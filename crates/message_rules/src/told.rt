//! The errors of reservations, and how they are told downstream (RFC 2205, 3.1.8).

ghost use Rattle.std.specs.Option.{option_to_list};
ghost use Rattle.std.specs.List.{AllByRecursion};
ghost use Rattle.std.specs.Prelude.{◌≡◌, ◌∷◌, [], IfOk, IsOk, IsTrue, false};
ghost use Rattle.rsvp_contents.specs.Spelling.{IsMessage};
ghost use Rattle.rsvp_contents.specs.declared.messages.Content.TheVariants as contents;
ghost use Rattle.rsvp_contents.specs.Errors.{counts_on};
ghost use Rattle.rsvp_bodies.specs.Traffic.{flowspec_rate};
ghost use Rattle.abstract_router.specs.Outcomes.{told_downstream};
ghost use Rattle.abstract_router.specs.Preempting.{told_preempted};
ghost use Rattle.abstract_router.specs.Reserving.{named};
ghost use Rattle.message_rules.specs.Rooms.{HaveRoom};

use crate::errors::reservation_error;
use crate::messages::sent_by;
use abstract_paths::Output;
use explicit_routes::link_at;
use lsr_facts::{Key, ResvFact, Router, RsvpError};
use rsvp_contents::{Content, ErrorDescriptor, ErrorDescriptors, Message, Resv, ResvErr};
use rsvp_objects::{ErrorSpec, Hop, Session, Style, Template};
use std::alloc::{AllocError, Global};

/// Bytes of an IPv4 address.
const ADDRESS_LEN: usize = 4;

/// A ResvErr. It asks for descriptors that leave room for the rest of the message. The only error is out of memory.
pub fn resv_err(alloc: Global, error: ResvErr) -> Result<Message, AllocError>
    requires counted { IsTrue (counts_on false error.descriptors) }
    requires room { HaveRoom error.descriptors }
    ensures { IfOk result (λ message. message ≡ contents.ResvErr error) }
{
    let content = Box::new(alloc, Content::ResvErr(error))?;
    Ok(Message::checked(content).unwrap())
}

/// The descriptors of a ResvErr that names this LSP, or none. The only error is out of memory.
fn listed(
    alloc: Global,
    descriptor: Option<ErrorDescriptor>,
) -> Result<ErrorDescriptors, AllocError>
    ensures { IfOk result (λ descriptors. descriptors ≡ option_to_list descriptor) }
{
    let mut descriptors = ErrorDescriptors::new(alloc);
    if let Some(descriptor) = descriptor {
        descriptors.push(descriptor)?;
    }
    Ok(descriptors)
}

/// A ResvErr that names this LSP, or none, and goes downstream by a link, from this router's address there (RFC 2205,
/// 3.1.8); `None` where the router has no such link. It asks for a descriptor that leaves room for the rest of the
/// message. The only error is out of memory.
pub fn told_downstream(
    alloc: Global,
    router: &Router,
    link: u16,
    session: Session,
    error: ErrorSpec,
    style: Style,
    descriptor: Option<ErrorDescriptor>,
) -> Result<Option<Output>, AllocError>
    requires { HaveRoom (option_to_list descriptor) }
    ensures { IfOk result (λ told. told ≡ told_downstream router.now link session error style (option_to_list descriptor)) }
{
    let Some(there) = link_at(router, link) else {
        return Ok(None);
    };
    let error = ResvErr {
        session,
        hop: Hop {
            address: there.address,
            interface: u32::from(link),
        },
        error,
        style,
        descriptors: listed(alloc, descriptor)?,
    };
    let message = resv_err(alloc, error)?;
    Ok(Some(sent_by(link, message)))
}

/// An LSP loses its reservation to another: its next hop is told, in the style and for the traffic that were reserved
/// (RFC 2205, 3.1.8 and B, 12). It asks that the rate of the reservation is defined. The only error is out of memory.
#[tactic(auto, using(crate::proofs::Rooms::rated_has_room))]
pub fn told_preempted(
    alloc: Global,
    router: &Router,
    key: &Key,
    fact: &ResvFact,
) -> Result<Option<Output>, AllocError>
    requires { IsOk (flowspec_rate fact.now.flowspec) }
    ensures { IfOk result (λ told. told ≡ told_preempted router.now key.now fact.now) }
{
    prove!(key.sender.sender.octets().len() == ADDRESS_LEN);
    let descriptor = ErrorDescriptor {
        flowspec: Some(fact.flowspec.clone()?),
        filter: key.sender,
    };
    let error = reservation_error(router, false, RsvpError::PREEMPTED);
    told_downstream(
        alloc,
        router,
        fact.link,
        key.session,
        error,
        fact.style.word(),
        Some(descriptor),
    )
}

/// That a ResvErr has room for each LSP that a Resv reserves for.
#[tactic(auto, using(crate::proofs::Rooms::resv_rooms))]
pub fn resv_leaves_room(resv: &Resv)
    requires { IsMessage (contents.Resv resv.now) }
    ensures { AllByRecursion (λ d. HaveRoom (named d ∷ [])) resv.now.descriptors }
{
    prove!(resv.session.endpoint.octets().len() == ADDRESS_LEN);
    prove!(resv.session.extended.octets().len() == ADDRESS_LEN);
    prove!(resv.hop.address.octets().len() == ADDRESS_LEN);
}

/// That a ResvErr has room for each LSP that another names.
#[tactic(auto, using(crate::proofs::Rooms::resv_err_rooms))]
pub fn resv_err_leaves_room(error: &ResvErr)
    requires { IsMessage (contents.ResvErr error.now) }
    ensures { AllByRecursion (λ d. HaveRoom (d ∷ [])) error.now.descriptors }
{
    prove!(error.session.endpoint.octets().len() == ADDRESS_LEN);
    prove!(error.session.extended.octets().len() == ADDRESS_LEN);
    prove!(error.hop.address.octets().len() == ADDRESS_LEN);
    prove!(error.error.node.octets().len() == ADDRESS_LEN);
}

/// That a ResvErr has room for an LSP under another sender, as it has for the LSP.
#[tactic(auto, using(crate::proofs::Rooms::renamed_has_room))]
pub fn renamed_leaves_room(descriptor: &ErrorDescriptor, filter: &Template)
    requires { HaveRoom (descriptor.now ∷ []) }
    ensures { HaveRoom (record descriptor.now { filter = filter.now } ∷ []) }
{
    prove!(descriptor.filter.sender.octets().len() == ADDRESS_LEN);
    prove!(filter.sender.octets().len() == ADDRESS_LEN);
}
---
Nothing may be dropped or altered; repeat every record in full.

WRITTEN ANSWER:
filename crates/message_rules/src/told.rt
//! The errors of reservations, and how they are told downstream (RFC 2205, 3.1.8).

ghost use Rattle.std.specs.Option.{option_to_list};
ghost use Rattle.std.specs.List.{AllByRecursion};
ghost use Rattle.std.specs.Prelude.{◌≡◌, ◌∷◌, [], IfOk, IsOk, IsTrue, false};
ghost use Rattle.rsvp_contents.specs.Spelling.{IsMessage};
ghost use Rattle.rsvp_contents.specs.declared.messages.Content.TheVariants as contents;
ghost use Rattle.rsvp_contents.specs.Errors.{counts_on};
ghost use Rattle.rsvp_bodies.specs.Traffic.{flowspec_rate};
ghost use Rattle.abstract_router.specs.Outcomes.{told_downstream};
ghost use Rattle.abstract_router.specs.Preempting.{told_preempted};
ghost use Rattle.abstract_router.specs.Reserving.{named};
ghost use Rattle.message_rules.specs.Rooms.{HaveRoom};

use crate::errors::reservation_error;
use crate::messages::sent_by;
use abstract_paths::Output;
use explicit_routes::link_at;
use lsr_facts::{Key, ResvFact, Router, RsvpError};
use rsvp_contents::{Content, ErrorDescriptor, ErrorDescriptors, Message, Resv, ResvErr};
use rsvp_objects::{ErrorSpec, Hop, Session, Style, Template};
use std::alloc::{AllocError, Global};

/// Bytes of an IPv4 address.
const ADDRESS_LEN: usize = 4;

/// A ResvErr. It asks for descriptors that leave room for the rest of the message. The only error is out of memory.
pub fn resv_err(alloc: Global, error: ResvErr) -> Result<Message, AllocError>
    requires counted { IsTrue (counts_on false error.descriptors) }
    requires room { HaveRoom error.descriptors }
    ensures { IfOk result (λ message. message ≡ contents.ResvErr error) }
{
    let content = Box::new(alloc, Content::ResvErr(error))?;
    Ok(Message::checked(content).unwrap())
}

/// The descriptors of a ResvErr that names this LSP, or none. The only error is out of memory.
fn listed(
    alloc: Global,
    descriptor: Option<ErrorDescriptor>,
) -> Result<ErrorDescriptors, AllocError>
    ensures { IfOk result (λ descriptors. descriptors ≡ option_to_list descriptor) }
{
    let mut descriptors = ErrorDescriptors::new(alloc);
    if let Some(descriptor) = descriptor {
        descriptors.push(descriptor)?;
    }
    Ok(descriptors)
}

/// A ResvErr that names this LSP, or none, and goes downstream by a link, from this router's address there (RFC 2205,
/// 3.1.8); `None` where the router has no such link. It asks for a descriptor that leaves room for the rest of the
/// message. The only error is out of memory.
pub fn told_downstream(
    alloc: Global,
    router: &Router,
    link: u16,
    session: Session,
    error: ErrorSpec,
    style: Style,
    descriptor: Option<ErrorDescriptor>,
) -> Result<Option<Output>, AllocError>
    requires { HaveRoom (option_to_list descriptor) }
    ensures { IfOk result (λ told. told ≡ told_downstream router.now link session error style (option_to_list descriptor)) }
{
    let Some(there) = link_at(router, link) else {
        return Ok(None);
    };
    let error = ResvErr {
        session,
        hop: Hop {
            address: there.address,
            interface: u32::from(link),
        },
        error,
        style,
        descriptors: listed(alloc, descriptor)?,
    };
    let message = resv_err(alloc, error)?;
    Ok(Some(sent_by(link, message)))
}

/// An LSP loses its reservation to another: its next hop is told, in the style and for the traffic that were reserved
/// (RFC 2205, 3.1.8 and B, 12). It asks that the rate of the reservation is defined. The only error is out of memory.
#[tactic(auto, using(crate::proofs::Rooms::rated_has_room))]
pub fn told_preempted(
    alloc: Global,
    router: &Router,
    key: &Key,
    fact: &ResvFact,
) -> Result<Option<Output>, AllocError>
    requires { IsOk (flowspec_rate fact.now.flowspec) }
    ensures { IfOk result (λ told. told ≡ told_preempted router.now key.now fact.now) }
{
    prove!(key.sender.sender.octets().len() == ADDRESS_LEN);
    let descriptor = ErrorDescriptor {
        flowspec: Some(fact.flowspec.clone()?),
        filter: key.sender,
    };
    let error = reservation_error(router, false, RsvpError::PREEMPTED);
    told_downstream(
        alloc,
        router,
        fact.link,
        key.session,
        error,
        fact.style.word(),
        Some(descriptor),
    )
}

/// That a ResvErr has room for each LSP that a Resv reserves for.
#[tactic(auto, using(crate::proofs::Rooms::resv_rooms))]
pub fn resv_leaves_room(resv: &Resv)
    requires { IsMessage (contents.Resv resv.now) }
    ensures { AllByRecursion (λ d. HaveRoom (named d ∷ [])) resv.now.descriptors }
{
    prove!(resv.session.endpoint.octets().len() == ADDRESS_LEN);
    prove!(resv.session.extended.octets().len() == ADDRESS_LEN);
    prove!(resv.hop.address.octets().len() == ADDRESS_LEN);
}

/// That a ResvErr has room for each LSP that another names.
#[tactic(auto, using(crate::proofs::Rooms::resv_err_rooms))]
pub fn resv_err_leaves_room(error: &ResvErr)
    requires { IsMessage (contents.ResvErr error.now) }
    ensures { AllByRecursion (λ d. HaveRoom (d ∷ [])) error.now.descriptors }
{
    prove!(error.session.endpoint.octets().len() == ADDRESS_LEN);
    prove!(error.session.extended.octets().len() == ADDRESS_LEN);
    prove!(error.hop.address.octets().len() == ADDRESS_LEN);
    prove!(error.error.node.octets().len() == ADDRESS_LEN);
}

/// That a ResvErr has room for an LSP under another sender, as it has for the LSP.
#[tactic(auto, using(crate::proofs::Rooms::renamed_has_room))]
pub fn renamed_leaves_room(descriptor: &ErrorDescriptor, filter: &Template)
    requires { HaveRoom (descriptor.now ∷ []) }
    ensures { HaveRoom (record descriptor.now { filter = filter.now } ∷ []) }
{
    prove!(descriptor.filter.sender.octets().len() == ADDRESS_LEN);
    prove!(filter.sender.octets().len() == ADDRESS_LEN);
}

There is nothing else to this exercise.